# Sherman



## gary (Jul 3, 2006)

This is the 'front-end' of my avatar - Sherman. As a puppy he considered compot seedlings a food group.

gary


----------



## Marco (Jul 3, 2006)

Cute doggy!


----------



## gary (Jul 3, 2006)

Thanks. Unfortuanately he knows that he's cute and uses it to his advantage! He gets away with more ...

gary


----------



## bench72 (Jul 4, 2006)

"Is it safe to come out yet?" (was this a post-compot eating pic?)

awwww.... such a cutie!


----------



## Heather (Jul 4, 2006)

Cute pup! Looks as though he has a very expressive face.


----------



## gary (Jul 4, 2006)

He has a very expressive face, and he is usually using it to express innocence. As some folks say that if you don't give your Jack Russell a hobby they will find one on thier own!

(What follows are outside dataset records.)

// What no clause says: that calls succeed with ample memory, and that layers above can join the clauses.
ghost use Rattle.std.specs.Prelude.{◌≡◌, ℕ, ◌+◌, ◌^◌, ◌<◌, ◌≤◌, ◌⊎◌, List, length, Some, OnOk, IsOk, IsErrOf};
ghost use Rattle.att_base.specs.Faults.{FaultCountRose};
ghost use Rattle.att_base.specs.Files.{IsName};
ghost use Rattle.att_base.specs.Streams.{put_after};

use super::*;
use std::alloc::{AllocError, Global};
use std::io::{ErrorKind, Read, Write};
use std::process::Abort;
use std::test::Fail;
use std::{env, fs, io};

// Reads all and writes all, as a layer above does. Where no read failed and memory was found, `TooLong` comes
// exactly where more than `limit` bytes were left: `copied` and `too_long` say so together.
fn copy_all<S: Source, K: Sink>(
    alloc: Global,
    source: &mut S,
    sink: &mut K,
    limit: u64,
) -> Result<(), ReadFault>
    requires { limit + 1 < 2 ^ 64 }
    ensures copied { OnOk result ((bytes : List ℕ) → S.left source.old ≡ Some bytes
        → (length bytes ≤ limit) × (K.held sink.new ≡ put_after (K.held sink.old) bytes)) }
    ensures too_long { IsErrOf result ReadFault.TooLong
        → (bytes : List ℕ) → S.left source.old ≡ Some bytes → limit < length bytes }
    ensures failed { IsErrOf result ReadFault.Failed
        → FaultCountRose (S.faults source.old) (S.faults source.new) ⊎ FaultCountRose (K.faults sink.old) (K.faults sink.new) }
    ensures missing { IsErrOf result ReadFault.Missing → ⊥ }
    ensures later { K.faults sink.old ≤ K.faults sink.new }
{
    let bytes = take_all(alloc, source, limit)?;
    let Ok(()) = put_all(sink, &bytes) else {
        return Err(ReadFault::Failed);
    };
    Ok(())
}

#[test]
fn words_keep_their_order(rt: HostRuntime) -> Result<(), Fail> {
    let mut words = Words::new(rt.alloc());
    assert_eq!(rt; words.count(), 0);
    words.push("verify")?;
    words.push("")?;
    words.push("écrit")?;
    assert_eq!(rt; words.count(), 3);
    for (k, want) in ["verify", "", "écrit"].iter().enumerate() {
        assert!(rt; k < words.count());
        assert_eq!(rt; words.word(k), *want);
    }
    Ok(())
}

const TEXT: [u8; 6] = *b"attest";

#[test]
fn takes_up_to_the_limit(rt: HostRuntime) -> Result<(), Fail> {
    let alloc = rt.alloc();
    // The step, the limit, what comes, and what is left.
    let rows = [
        (1, 6, None, 0),
        (4, 6, None, 0),
        (4, 1000, None, 0),
        (1, 5, Some(ReadFault::TooLong), 0),
        (4, 2, Some(ReadFault::TooLong), 3),
        (9, 0, Some(ReadFault::TooLong), 5),
    ];
    for (step, limit, fault, left) in rows {
        let mut source = MemSource::new(TEXT.to_vec(alloc)?, step, Vec::new(alloc));
        match take_all(alloc, &mut source, limit) {
            Ok(bytes) => assert_eq!(rt; (bytes.as_slice(), fault), (TEXT.as_slice(), None)),
            Err(found) => assert_eq!(rt; Some(found), fault, "at limit {limit}"),
        }
        assert_eq!(rt; source.left().len(), left, "at limit {limit}");
    }
    Ok(())
}

#[test]
fn each_read_and_each_write_fails_in_turn(rt: HostRuntime) -> Result<(), Fail> {
    let alloc = rt.alloc();
    for (call, left) in [(0u64, 6usize), (1, 4), (2, 2), (3, 0)] {
        let fails = [call].to_vec(alloc)?;
        let mut source = MemSource::new(TEXT.to_vec(alloc)?, 2, fails);
        assert_eq!(rt;
            take_all(alloc, &mut source, 6).err(),
            Some(ReadFault::Failed)
        );
        assert_eq!(rt; source.left().len(), left, "after call {call}");
        assert_eq!(rt; take_all(alloc, &mut source, 6)?.len(), left);

        let fails = [call].to_vec(alloc)?;
        let mut sink = MemSink::new(alloc, 6, 2, fails)?;
        let wrote = put_all(&mut sink, &TEXT);
        assert_eq!(rt; wrote.is_ok(), call == 3, "at call {call}");
        assert_eq!(rt; sink.held(), &TEXT[..6 - left], "at call {call}");
    }
    Ok(())
}

#[test]
fn a_full_sink_fails(rt: HostRuntime) -> Result<(), Fail> {
    let alloc = rt.alloc();
    let mut source = MemSource::new(TEXT.to_vec(alloc)?, 4, Vec::new(alloc));
    let mut sink = MemSink::new(alloc, 5, 4, Vec::new(alloc))?;
    let copied = copy_all(alloc, &mut source, &mut sink, 6);
    assert_eq!(rt; copied.err(), Some(ReadFault::Failed));
    assert_eq!(rt; sink.held(), b"attes".as_slice());
    assert_eq!(rt; sink.write(b""), Err(Failed));
    Ok(())
}

#[test]
fn streams_of_std_are_streams(rt: HostRuntime) -> Result<(), Fail> {
    let alloc = rt.alloc();
    let mut source = StdSource::new(TEXT.as_slice());
    let mut held = Vec::new(alloc);
    copy_all(alloc, &mut source, &mut StdSink::new(&mut held), 6)?;
    put_all(&mut StdErr::new(&mut held), b"!")?;
    assert_eq!(rt; held.as_slice(), b"attest!".as_slice());

    // A slice takes no more than its length.
    let mut room = [0u8; 4];
    let mut sink = StdSink::new(room.as_mut_slice());
    assert_eq!(rt; put_all(&mut sink, &TEXT), Err(Failed));
    assert_eq!(rt; sink.write(b""), Ok(0));
    Ok(())
}

/// A call is interrupted, one fails, one moves nothing, and each later one moves a byte.
#[derive(Drop)]
struct Faulty {
    calls: u32,
}

impl Faulty {
    fn call(&mut self) -> io::Result<usize> {
        self.calls = self.calls.saturating_add(1);
        match self.calls {
            1 => Err(ErrorKind::Interrupted.into()),
            2 => Err(ErrorKind::Other.into()),
            3 => Ok(0),
            _ => Ok(1),
        }
    }
}

impl Read for Faulty {
    fn read(&mut self, into: &mut [u8]) -> io::Result<usize> {
        Ok(self.call()?.min(into.len()))
    }
}

impl Write for Faulty {
    fn write(&mut self, piece: &[u8]) -> io::Result<usize> {
        Ok(self.call()?.min(piece.len()))
    }

    fn flush(&mut self) -> io::Result<()> {
        Ok(())
    }
}

#[test]
fn no_call_is_tried_again(rt: HostRuntime) {
    let mut source = StdSource::new(Faulty { calls: 0 });
    let mut into = [0u8; 1];
    assert_eq!(rt; source.read(&mut into), Err(Failed));
    assert_eq!(rt; source.read(&mut into), Err(Failed));
    assert_eq!(rt; source.read(&mut into), Ok(0));
    let mut sink = StdSink::new(Faulty { calls: 0 });
    assert_eq!(rt; sink.write(b"!"), Err(Failed));
    assert_eq!(rt; sink.write(b"!"), Err(Failed));
    assert_eq!(rt; sink.write(b"!"), Err(Failed));
    assert_eq!(rt; sink.write(b"!"), Ok(1));
}

#[test]
fn main_can_pass_its_streams(rt: HostRuntime) -> Result<(), Fail> {
    let _input = StdSource::new(rt.stdin());
    put_all(&mut StdSink::new(rt.stdout()), b"")?;
    put_all(&mut StdErr::new(rt.stderr()), b"")?;
    Ok(())
}

// Two files: `a` holds six bytes, `b` none. One call fails.
fn two_files(alloc: Global, fails: u64) -> Result<MemFiles, AllocError> {
    let mut files = Vec::new(alloc);
    files.push(NamedFile::copied(alloc, "a", &TEXT)?)?;
    let name = String::from_str(alloc, "b")?;
    files.push(NamedFile::new(name, Vec::new(alloc)))?;
    let fails = [fails].to_vec(alloc)?;
    Ok(MemFiles::new(alloc, files, fails))
}

// The number of a call that is never made.
const NEVER: u64 = 1_000_000;

// Reads a file whole, as a layer above does.
fn expect_read<F: Files>(
    rt: &impl Abort,
    alloc: Global,
    files: &mut F,
    name: &str,
    limit: u64,
    want: Result<&str, ReadFault>,
) {
    assert!(rt; !name.is_empty() && name.len() <= 255);
    match (read_whole(alloc, files, name, limit), want) {
        (Ok(bytes), Ok(text)) => assert_eq!(rt; bytes.as_slice(), text.as_bytes(), "at {name}"),
        (Err(fault), Err(expected)) => assert_eq!(rt; fault, expected, "at {name}"),
        _ => assert!(rt; false, "at {name}, limit {limit}"),
    }
}

fn expect_bytes(rt: &impl Abort, files: &MemFiles, name: &str, want: &str) {
    match files.bytes_of(name) {
        Some(bytes) => assert_eq!(rt; bytes, want.as_bytes(), "at {name}"),
        None => assert!(rt; false, "at {name}"),
    }
}

#[test]
fn files_in_memory_are_read_and_written(rt: HostRuntime) -> Result<(), Fail> {
    let alloc = rt.alloc();
    names_are_apart();
    let mut files = two_files(alloc, NEVER)?;
    expect_read(&rt, alloc, &mut files, "a", u64::MAX, Ok("attest"));
    expect_read(&rt, alloc, &mut files, "a", 6, Ok("attest"));
    expect_read(&rt, alloc, &mut files, "a", 5, Err(ReadFault::TooLong));
    expect_read(&rt, alloc, &mut files, "b", 0, Ok(""));
    expect_read(&rt, alloc, &mut files, "c", 9, Err(ReadFault::Missing));
    files.append(alloc, "a", b"!")?;
    files.clear(alloc, "c")?;
    files.append(alloc, "d", b"new")?;
    write_whole(alloc, &mut files, "b", b"more")?;
    for (name, want) in [("a", "attest!"), ("b", "more"), ("c", ""), ("d", "new")] {
        expect_bytes(&rt, &files, name, want);
    }
    assert!(rt; files.bytes_of("e").is_none());
    files.clear(alloc, "a")?;
    expect_bytes(&rt, &files, "a", "");
    assert_eq!(rt; files.count(), 4);
    Ok(())
}

// Whether a read, a clear and an append succeed, and what the file has then.
fn expect_turn(
    rt: &impl Abort,
    alloc: Global,
    call: u64,
    want: (bool, bool, bool, &str),
) -> Result<(), AllocError> {
    let (reads, clears, appends, bytes) = want;
    let mut files = two_files(alloc, call)?;
    let read = files.read(alloc, "a", 6).is_ok();
    let cleared = files.clear(alloc, "a").is_ok();
    let appended = files.append(alloc, "a", b"xyz!?").is_ok();
    assert_eq!(rt;
        (read, cleared, appended),
        (reads, clears, appends),
        "at call {call}"
    );
    expect_bytes(rt, &files, "a", bytes);
    Ok(())
}

#[test]
fn each_call_on_files_fails_in_turn(rt: HostRuntime) -> Result<(), Fail> {
    let alloc = rt.alloc();
    expect_turn(&rt, alloc, 0, (false, true, true, "xyz!?"))?;
    expect_turn(&rt, alloc, 1, (true, false, true, "attestxyz!?"))?;
    expect_turn(&rt, alloc, 2, (true, true, false, "xy"))?;
    expect_turn(&rt, alloc, 3, (true, true, true, "xyz!?"))?;
    Ok(())
}

// Writes a file whole. Where that succeeds, the next call is the one that fails: so many calls were made.
fn expect_write(
    rt: &impl Abort,
    alloc: Global,
    call: u64,
    bytes: &str,
    want: Result<&str, &str>,
) -> Result<(), AllocError> {
    let mut files = two_files(alloc, call)?;
    match (write_whole(alloc, &mut files, "a", bytes.as_bytes()), want) {
        (Ok(()), Ok(held)) => {
            expect_bytes(rt, &files, "a", held);
            expect_read(rt, alloc, &mut files, "a", 9, Err(ReadFault::Failed));
        }
        (Err(FileFault::Failed), Err(held)) => expect_bytes(rt, &files, "a", held),
        _ => assert!(rt; false, "at call {call}"),
    }
    Ok(())
}

#[test]
fn a_file_is_written_in_two_calls(rt: HostRuntime) -> Result<(), Fail> {
    let alloc = rt.alloc();
    expect_write(&rt, alloc, 0, "new!", Err("attest"))?;
    expect_write(&rt, alloc, 1, "new!", Err("ne"))?;
    expect_write(&rt, alloc, 2, "new!", Ok("new!"))?;
    expect_write(&rt, alloc, 0, "", Err("attest"))?;
    expect_write(&rt, alloc, 1, "", Ok(""))?;
    Ok(())
}

// The path of a new folder.
fn new_folder(rt: &HostRuntime) -> Result<String, Fail> {
    let alloc = rt.alloc();
    let temporary = env::temp_dir(rt)?;
    for number in 0..1000 {
        let path = format!(in alloc; "{}/att_base_{number}", temporary.as_str())?;
        if fs::create_dir(rt, path.as_str()).is_ok() {
            return Ok(path);
        }
    }
    Err(Fail::from("no new folder"))
}

#[test]
fn real_files_are_read_and_written(rt: HostRuntime) -> Result<(), Fail> {
    let alloc = rt.alloc();
    let folder = new_folder(&rt)?;
    let path = format!(in alloc; "{folder}/file")?;
    let beyond = format!(in alloc; "{path}/file")?;
    let (folder, name, nowhere) = (folder.as_str(), path.as_str(), beyond.as_str());
    assert!(rt; !folder.is_empty() && folder.len() <= 255);
    assert!(rt; !name.is_empty() && name.len() <= 255);
    assert!(rt; !nowhere.is_empty() && nowhere.len() <= 255);
    let mut files = StdFiles::new(&rt);
    expect_read(&rt, alloc, &mut files, name, 9, Err(ReadFault::Missing));
    write_whole(alloc, &mut files, name, b"a longer text")?;
    write_whole(alloc, &mut files, name, &TEXT)?;
    expect_read(&rt, alloc, &mut files, name, u64::MAX, Ok("attest"));
    expect_read(&rt, alloc, &mut files, name, 6, Ok("attest"));
    expect_read(&rt, alloc, &mut files, name, 5, Err(ReadFault::TooLong));
    files.append(alloc, name, b"!")?;
    expect_read(&rt, alloc, &mut files, name, 7, Ok("attest!"));
    files.clear(alloc, name)?;
    expect_read(&rt, alloc, &mut files, name, 0, Ok(""));
    // A folder is no file, and a file is no folder.
    expect_read(&rt, alloc, &mut files, folder, 9, Err(ReadFault::Failed));
    expect_read(&rt, alloc, &mut files, nowhere, 9, Err(ReadFault::Failed));
    assert_eq!(rt; files.clear(alloc, folder), Err(FileFault::Failed));
    assert_eq!(rt; files.append(alloc, nowhere, b"!"), Err(FileFault::Failed));
    fs::remove_dir_all(&rt, folder)?;
    Ok(())
}

fn zeros(alloc: Global, count: usize) -> Result<Vec<u8>, AllocError> {
    vec![in alloc; 0; count]
}

#[test]
fn real_files_at_their_limits(rt: HostRuntime) -> Result<(), Fail> {
    let alloc = rt.alloc();
    let folder = new_folder(&rt)?;
    let path = format!(in alloc; "{folder}/file")?;
    let name = path.as_str();
    assert!(rt; !name.is_empty() && name.len() <= 255);
    let mut files = StdFiles::new(&rt);
    // A file that wasn't there, of one byte more than a mebibyte.
    let bytes = zeros(alloc, 1_048_577)?;
    files.append(alloc, name, &bytes)?;
    assert_eq!(rt; files.read(alloc, name, u64::MAX)?.len(), bytes.len());
    // A device that has no room.
    assert_eq!(rt;
        files.append(alloc, "/dev/full", b"!"),
        Err(FileFault::Failed)
    );
    fs::remove_dir_all(&rt, folder.as_str())?;
    Ok(())
}

#[test]
fn kinds_of_entries_have_their_numbers(rt: HostRuntime) {
    assert_eq!(rt;
        [MADE_FETCH, MADE_LOAD, MADE_STORE, MADE_START],
        [1, 2, 3, 4]
    );
    assert_eq!(rt;
        [MADE_COPY, MADE_END, MADE_TICK, MADE_RELEASE],
        [5, 6, 7, 8]
    );
}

The day of the compot his face said, "Hanna Powpow? I don't know anything about any Hanna Powpow," with bits of green hanging from the corner of his mouth.

gary


----------



## Gideon (Jul 4, 2006)

Cute :clap: :clap: :clap:


----------



## PHRAG (Jul 4, 2006)

Gary, it's too bad we don't live closer together. Our chihuahua/daschund mix sounds like the perfect partner in crime for Sherman.


----------